# What you are asked to do
Among the lines below, keep only those from the one containing "to end there." through the one containing "pub fn one_reading_law()", and reproduce them exactly.

----- Data in this exercise -----

/// Edits at which a column, the depth or a reading that was given up alone makes the test fail, and what differs then;
/// and where a block stands in a node that is given another kind.
pub fn rare_conditions_of_texts()
    ensures { (beyond : CharClasses) → RareConditions beyond }
{}

/// A block that begins at no trivia is read from its first byte, its name, the levels that are left and the mode of
/// its first token alone: its nodes, its length and its looks are the same from each state with that mode.
pub fn mode_law()
    ensures { ModeLaw }
{}

/// Pieces of a run that are read again from where the token of the first of them begins, with the line start and
/// the brackets that are carried there and nothing else, are the pieces that stood there, after the trivia before
/// them, where an expression that takes back errors has none before it. How many they are follows from where they
/// end. And the same is logged of them.
pub fn resume_law()
    ensures pieces { ResumeLaw }
    ensures count { CountLaw }
    ensures log { PiecesLogLaw }
{}

/// An edit of a short text: its candidates, the first that passes, and the answer; and edits at which one
/// condition of the test alone refuses a candidate.
pub fn answers_of_texts()
    ensures answer { (beyond : CharClasses) → Answered beyond }
    ensures conditions { (beyond : CharClasses) → RefusedAlone beyond }
{}

/// Where pieces of a run pass the test and begin and end where a candidate does that begins well, the tree of the new
/// text is the old one with the nodes of the new pieces in the candidate's place. It begins well where the child at
/// each of its ends, if pieces stand beyond it, isn't empty and takes no errors back. A content block has to stand
/// around the stretch.
pub fn pieces_worth_law()
    ensures { PiecesLaw }
{}

/// Each candidate of an edit among the nodes of a run begins well, if pieces that pass the test begin and end as it
/// does; and a content block is around the stretch.
pub fn piece_candidates_law()
    ensures { BeginsWellLaw }
{}

/// Each candidate of an edit that isn't a block is pieces of a run: it begins and ends where they do, past the stretch,
/// and the first of them takes back no errors. Only a run without an expression has none. One among the children at the
/// top of a text's tree is pieces of the text's own run. Any other is pieces of a content block's run, which stands
/// around the stretch and isn't the deepest.
pub fn candidate_runs_law()
    ensures root { RootPiecesOfLaw }
    ensures inner { InnerPiecesOfLaw }
{}

/// Pieces at the top of a text's tree that pass the test are worth their new nodes: the new text's tree is the old
/// one with them in the candidate's place, and its units are the old ones with the pieces' exchanged. If no piece
/// stands up to the candidate's end, the run has to end there.
pub fn root_worth_law()
    ensures { RootWorthLaw }
{}

/// Pieces in a content block that stands around the stretch are worth their new nodes, too: the units are the old ones
/// with the whole block's exchanged.
pub fn inner_worth_law()
    ensures { InnerWorthLaw }
{}

/// Each candidate of an edit that passes its test is worth its new nodes: the new text's tree is the old one with them
/// in its place, and the new text's units are the old ones with a part of them exchanged. It covers blocks, pieces of a
/// text's own run and those of content blocks. Proofs of code use `answer_law` for the tree and the laws of tests for
/// the units.
pub fn candidate_law()
    ensures { CandidateLaw }
{}

/// Where a candidate passes, whatever the texts' lengths, the tree of the new text is the old one with its nodes in its
/// place; and so, spans aside, an edit's answer is the tree of the new text. However a candidate passes, the same nodes
/// take its place; and an edit has one answer.
pub fn answer_law()
    ensures gives { GivesTreeLaw }
    ensures tree { AnswerTreeLaw }
    ensures unique { UniqueLaw }
    ensures one { OneAnswerLaw }
{}

/// A reading of the new text that begins after some pieces of a run, whose looks end before the stretch, serves all
/// pieces of the run that begin there or earlier: these are the old pieces up to there and those of the reading, and
/// pass the test where the reading ends as it says. So are their nodes. The reading begins at the first token of its
/// first piece, and knows nothing of the trivia before it. The old nodes stand in the old tree, and need not be
/// replaced there.
pub fn one_reading_law()
    ensures serves { OneReadingLaw }
    ensures again { GivesAgainLaw }
    ensures kept { KeptNodesLaw }
    ensures behind { PutAfterLaw }
{}

/// What code finds of a candidate that is pieces in a content block: the notes where they begin and end say by their
/// numbers among all notes whether the test of looks passes. Pieces of the new text that are read by themselves
/// from the first token on pass, only one number of them, if they end and agree as the test says. What is logged of
/// them is the part that takes the place of the old entries, between the two numbers.
pub fn inner_pieces_test_law()
    ensures entries { InnerEntriesLaw }
    ensures once { InnerOnceLaw }
    ensures inner { InnerTestLaw }
    ensures part { InnerPartLaw }
    ensures units { InnerUnitsLaw }
{}

/// What code finds of pieces of a text's own run: the run's notes decide the test of looks by their numbers. A candidate
/// passes exactly if such pieces do, and the entries between the numbers of its notes are exchanged. Pieces of any run
/// that are read by themselves pass exactly if they end and agree as the test says, and give the candidate's nodes.
pub fn pieces_test_law()
    ensures entries { RunEntriesLaw }
    ensures once { CutOnceLaw }
    ensures read { ReadLaw }
    ensures gives { RunGivesLaw }
    ensures part { RunPartLaw }
{}

/// What the records find of a candidate that is pieces of a text's own run: by what the entries say of it, it passes
/// exactly if so many pieces do that are read by themselves, whose nodes take its place, and whose entries are
/// exchanged for its own. Where a run that is read by itself ends no more pieces go on.
pub fn run_test_law()
    ensures root { RunTestLaw }
    ensures over { OverLaw }
{}

/// Where a text's entries say that pieces of its run begin: the first of them at which a piece begins whose token is at
/// the byte after so many pieces is the one of these, whichever of the run's earlier entries one begins at. The run's
/// entries rise with the number of pieces, the last is after all of them, and each says what is carried there. The same
/// holds in a content block, whose entries are found by where it begins.
pub fn run_numbers_law()
    ensures run { RunNumbersLaw }
    ensures inner { InnerNumbersLaw }
{}

/// What the records find of a candidate that is pieces of a content block's run: at which entries its block and the
/// pieces begin and end, and what is carried there. It passes exactly where the first is among those before the
/// stretch, all looks after the last begin after it, and pieces that are read by themselves on the new text end at the
/// shifted end and meet what is there; these are its nodes. The block's entries are exchanged for those of the block by
/// itself, or those of the pieces for theirs, where there are some in both texts. A run without an expression is decided
/// by the looks after the block alone.
pub fn inner_run_test_law()
    ensures { InnerRunTestLaw }
{}

/// A reading of the new text that begins with a candidate of a run, whose looks end before the stretch, serves each
/// candidate of the run that begins there or earlier: this passes exactly if so many pieces of the reading end at its
/// shifted end and meet what is there. The old pieces before the reading stay: its nodes are put from where the reading
/// begins, and the entries are exchanged from there on.
pub fn served_law()
    ensures { ServedLaw }
{}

-----

# Answer box
/// stands up to the candidate's end, the run has to end there.
pub fn root_worth_law()
    ensures { RootWorthLaw }
{}

/// Pieces in a content block that stands around the stretch are worth their new nodes, too: the units are the old ones
/// with the whole block's exchanged.
pub fn inner_worth_law()
    ensures { InnerWorthLaw }
{}

/// Each candidate of an edit that passes its test is worth its new nodes: the new text's tree is the old one with them
/// in its place, and the new text's units are the old ones with a part of them exchanged. It covers blocks, pieces of a
/// text's own run and those of content blocks. Proofs of code use `answer_law` for the tree and the laws of tests for
/// the units.
pub fn candidate_law()
    ensures { CandidateLaw }
{}

/// Where a candidate passes, whatever the texts' lengths, the tree of the new text is the old one with its nodes in its
/// place; and so, spans aside, an edit's answer is the tree of the new text. However a candidate passes, the same nodes
/// take its place; and an edit has one answer.
pub fn answer_law()
    ensures gives { GivesTreeLaw }
    ensures tree { AnswerTreeLaw }
    ensures unique { UniqueLaw }
    ensures one { OneAnswerLaw }
{}

/// A reading of the new text that begins after some pieces of a run, whose looks end before the stretch, serves all
/// pieces of the run that begin there or earlier: these are the old pieces up to there and those of the reading, and
/// pass the test where the reading ends as it says. So are their nodes. The reading begins at the first token of its
/// first piece, and knows nothing of the trivia before it. The old nodes stand in the old tree, and need not be
/// replaced there.
pub fn one_reading_law()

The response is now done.